//! What is written into a slice that was offered.

ghost use Rattle.std.specs.Prelude.{◌≡◌, ◌++◌};
ghost use Rattle.kd_acts.specs.State as pool;
ghost use Rattle.kd_tables.specs.Drafts.{empty_content};

use bytes::Bytes;
use kd_seal::Sealed;
use kd_types::Blob;
use std::alloc::Global;
use std::marker::Model;

/// The message for one receiver: its own prefix, the payloads that all receivers share, the share
/// of sealed bytes that it takes along, and its priority.
#[derive(Debug, Drop)]
pub struct Content {
    /// Header, metadata and items.
    pub prefix: Blob,
    /// The payloads, each with its padding.
    pub payload: Bytes<Global>,
    /// The sealed bytes that it takes along, if any.
    pub shared: Option<Sealed>,
    /// A lower number is more urgent.
    pub priority: i64,
}

impl Model for Content {
    ghost Value = { pool.Content };

    ghost view = { λ c.
        record {
          image = c.prefix ++ c.payload;
          shared = c.shared;
          priority = c.priority;
        } };
}

impl Content {
    /// A content without bytes; it takes no memory.
    pub fn empty(alloc: Global) -> Content
        ensures { result ≡ empty_content }
    {
        Content {
            prefix: Blob::empty(alloc),
            payload: Bytes::new(),
            shared: None,
            priority: 0,
        }
    }
}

########

Each line of the records should be transcribed without change.

//! What is written into a slice that was offered.

ghost use Rattle.std.specs.Prelude.{◌≡◌, ◌++◌};
ghost use Rattle.kd_acts.specs.State as pool;
ghost use Rattle.kd_tables.specs.Drafts.{empty_content};

use bytes::Bytes;
use kd_seal::Sealed;
use kd_types::Blob;
use std::alloc::Global;
use std::marker::Model;

/// The message for one receiver: its own prefix, the payloads that all receivers share, the share
/// of sealed bytes that it takes along, and its priority.
#[derive(Debug, Drop)]
pub struct Content {
    /// Header, metadata and items.
    pub prefix: Blob,
    /// The payloads, each with its padding.
    pub payload: Bytes<Global>,
    /// The sealed bytes that it takes along, if any.
    pub shared: Option<Sealed>,
    /// A lower number is more urgent.
    pub priority: i64,
}

impl Model for Content {
    ghost Value = { pool.Content };

    ghost view = { λ c.
        record {
          image = c.prefix ++ c.payload;
          shared = c.shared;
          priority = c.priority;
        } };
}

impl Content {
    /// A content without bytes; it takes no memory.
    pub fn empty(alloc: Global) -> Content
        ensures { result ≡ empty_content }
    {
        Content {
            prefix: Blob::empty(alloc),
            payload: Bytes::new(),
            shared: None,
            priority: 0,
        }
    }
}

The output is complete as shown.